La création d’une société semi-publique envisagée en France pour servir le pavillon français reste paralysée par le risque de syndrome Bob Denard, livrant à eux-mêmes les mercenaires en fin de contrat. D’autant que le recours à ces gardes armés lève quelques réticences et interrogations. Les capitaines de navire craignent les conflits de commandement. Les autorités des États s’inquiètent de la circulation d’armes de guerre hors du contrôle des forces militaires. Les armureries flottantes, hors des eaux territoriales, alimentant les équipes embarquées, ne les rassurent pas. Des soupçons de vente d’armes ont amené les Nigérians à saisir le navire russe Myre-Seadiver et ses quinze marins libérés sous caution, en mars, après cinq mois de détention. Opéré par une société sri lankaise, le Sinbad, 50 m de long lui aussi, servant d’arsenal aux gardes armés privés, a été saisi en octobre aux Émirats arabes unis.

Bavure fatale

Tensions diplomatiques aussi entre l’Erythrée et le Royaume-Uni, et cinq mois de détention pour l’équipe qui a transformé un îlot en mer Rouge en base paramilitaire et dépôts d’armes. Sans autorisation de l’Erythrée, qui l’a vécu comme une atteinte à sa souveraineté. Idem pour les deux marins italiens, militaires cette fois, embarqués sur le super tanker italien Enrica-Lexie, accusés du meurtre, le 12 février 2012, de deux pêcheurs. Sans précédent judiciaire, c’est le premier cas de bavure fatale de militaires embarqués sur des navires marchands, le cas n’est toujours pas jugé après des mois de tensions diplomatiques. Le gouvernement italien veut un jugement en Italie, « les faits ayant eu lieu dans les eaux internationales, sur un navire battant pavillon italien ». Les Indiens maintiennent que les pêcheurs ont été tués dans leurs eaux territoriales.

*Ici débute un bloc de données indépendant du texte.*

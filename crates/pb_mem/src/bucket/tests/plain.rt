//! Drawn calls of a bucket in memory and of a plain one: a list of names and bytes in the order of the names' bytes.
use crate::bucket::MemBucket;
use crate::draws::Draws;
use pb_devices::{Bucket, Failed, ListError};
use std::alloc::{AllocError, Global};
use std::process::Abort;
use std::test::Fail;

#[derive(Drop)]
struct PlainBucket {
    objects: Vec<Option<Vec<u8>>>,
    fail: Vec<u64>,
    calls: u64,
    faults: u64,
}

const NAMES: usize = 4;

fn name_of(at: usize) -> &'static str {
    match at {
        0 => "a",
        1 => "ab",
        2 => "abc",
        _ => "b",
    }
}

/// Whether the name of a place begins with that of another.
fn begins(at: usize, with: usize) -> bool {
    at == with || with < at && at < 3
}

impl PlainBucket {
    fn begin(&mut self) -> Result<(), Failed> {
        self.calls = self.calls.wrapping_add(1);
        if self.fail.contains(&self.calls) {
            self.faults = self.faults.wrapping_add(1);
            return Err(Failed);
        }
        Ok(())
    }

    fn change(&mut self, at: usize, object: Option<Vec<u8>>) -> Result<(), Failed> {
        let begun = self.begin();
        if begun.is_ok() || self.calls % 2 == 0 {
            if at < self.objects.len() {
                self.objects[at] = object;
            }
        }
        begun
    }

    fn object(&self, at: usize) -> Option<&Vec<u8>> {
        match self.objects.get(at) {
            None => None,
            Some(object) => object.as_ref(),
        }
    }

    fn places(&self, alloc: Global, with: usize) -> Result<Vec<usize>, AllocError> {
        let mut places = Vec::new(alloc);
        for at in 0..NAMES {
            if begins(at, with) && self.object(at).is_some() {
                places.push(at)?;
            }
        }
        Ok(places)
    }
}

#[derive(Drop)]
struct Pair {
    bucket: MemBucket,
    plain: PlainBucket,
    draws: Draws,
    alloc: Global,
}

fn put(rt: &impl Abort, pair: &mut Pair, at: usize) -> Result<(), Fail> {
    let count = pair.draws.below(6);
    let bytes = pair.draws.bytes(pair.alloc, count)?;
    let done = pair.bucket.put(name_of(at), &bytes);
    assert!(rt; pair.plain.change(at, Some(bytes)) == done, "a put");
    Ok(())
}

fn delete(rt: &impl Abort, pair: &mut Pair, at: usize) -> Result<(), Fail> {
    let done = pair.bucket.delete(name_of(at));
    assert!(rt; pair.plain.change(at, None) == done, "a delete");
    Ok(())
}

fn size(rt: &impl Abort, pair: &mut Pair, at: usize) -> Result<(), Fail> {
    let size = pair.bucket.size(name_of(at));
    match pair.plain.begin() {
        Err(Failed) => assert!(rt; size.is_err(), "a size"),
        Ok(()) => match pair.plain.object(at) {
            None => assert!(rt; size == Ok(None), "no object"),
            Some(bytes) => assert!(rt; size == Ok(Some(bytes.len() as u64)), "a size"),
        },
    }
    Ok(())
}

fn read(rt: &impl Abort, pair: &mut Pair, at: usize) -> Result<(), Fail> {
    let mut piece = [0u8; 8];
    let found = pair.bucket.read_at(name_of(at), 0, &mut piece);
    match pair.plain.begin() {
        Err(Failed) => assert!(rt; found.is_err(), "a read"),
        Ok(()) => match pair.plain.object(at) {
            None => assert!(rt; found == Ok(None), "no object"),
            Some(bytes) => {
                assert!(rt; found == Ok(Some(bytes.len())), "how many");
                assert!(rt; bytes.len() <= 8, "a piece");
                assert_eq!(rt; &piece[..bytes.len()], bytes.as_slice());
            }
        },
    }
    Ok(())
}

fn count(rt: &impl Abort, pair: &mut Pair, with: usize) -> Result<(), Fail> {
    let count = pair.bucket.count(name_of(with));
    match pair.plain.begin() {
        Err(Failed) => assert!(rt; count.is_err(), "a count"),
        Ok(()) => {
            let places = pair.plain.places(pair.alloc, with)?;
            assert!(rt; count == Ok(places.len() as u64), "a count");
        }
    }
    Ok(())
}

fn same_names(rt: &impl Abort, names: &[String], places: &[usize]) {
    assert_eq!(rt; names.len(), places.len(), "names");
    for (i, name) in names.iter().enumerate() {
        assert_eq!(rt; name.as_str(), name_of(places[i]));
    }
}

fn list(rt: &impl Abort, pair: &mut Pair, with: usize) -> Result<(), Fail> {
    let begun = pair.plain.begin();
    let places = pair.plain.places(pair.alloc, with)?;
    match pair.bucket.list(pair.alloc, name_of(with)) {
        Ok(names) => {
            assert!(rt; begun.is_ok(), "a list");
            same_names(rt, &names, &places);
        }
        Err(error) => assert!(rt; error == ListError::Failed && begun.is_err(), "a list"),
    }
    Ok(())
}

fn step(rt: &impl Abort, pair: &mut Pair) -> Result<(), Fail> {
    let at = pair.draws.below(4) as usize;
    match pair.draws.below(12) {
        0..=4 => put(rt, pair, at),
        5..=6 => delete(rt, pair, at),
        7 => size(rt, pair, at),
        8..=9 => read(rt, pair, at),
        10 => count(rt, pair, at),
        _ => list(rt, pair, at),
    }
}

/// Forty steps; about every sixth call fails.
fn compare(rt: &impl Abort, alloc: Global, seed: u32) -> Result<(), Fail> {
    let mut draws = Draws::new(seed);
    let fail = draws.calls(alloc, 50)?;
    let mut objects = Vec::new(alloc);
    for _ in 0..NAMES {
        objects.push(None)?;
    }
    let plain = PlainBucket {
        objects,
        fail: fail.as_slice().to_vec(alloc)?,
        calls: 0,
        faults: 0,
    };
    let mut pair = Pair {
        bucket: MemBucket::new(alloc, fail),
        plain,
        draws,
        alloc,
    };
    for _ in 0..40 {
        step(rt, &mut pair)?;
    }
    assert_eq!(rt; pair.bucket.calls(), pair.plain.calls, "seed {seed}");
    assert_eq!(rt; pair.bucket.faults(), pair.plain.faults, "seed {seed}");
    assert_eq!(rt; pair.bucket.wants(), 0);
    Ok(())
}

#[test]
fn drawn_calls_leave_what_the_plain_bucket_has(rt: HostRuntime) -> Result<(), Fail> {
    for seed in 0..200 {
        compare(&rt, rt.alloc(), seed)?;
    }
    Ok(())
}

Devant les restrictions des budgets militaires, français y compris, les gardes armés privés sont revendiqués notamment pour Armateurs de France. Son délégué général, Éric Banel, rappelle que les ministres des Transports et de la Mer « ont récemment pris position pour qu’une loi intervienne rapidement. Le texte doit être bouclé fin août, soumis au parlement à l’automne, en espérant l’adoption début 2014. Le Cnaps (Conseil national des activités privées de sécurité) dispenserait agrément et formation, dans l’esprit de ce qui se fait pour les convoyeurs de fonds, à terre ».

En février 2012, le rapport des députés Christian Ménard et Jean-Claude Viollet a alerté: « Les armateurs risquent de se tourner vers l’offre britannique, faute d’un cadre juridique permettant aux Français de concourir. Cela pourrait même accentuer le phénomène de dépavillonnement. » En mai, Mærsk a banni les navires français de certains trafics, notamment pétrolier, dans la zone somalienne. Il y aurait comme une urgence de compétitivité.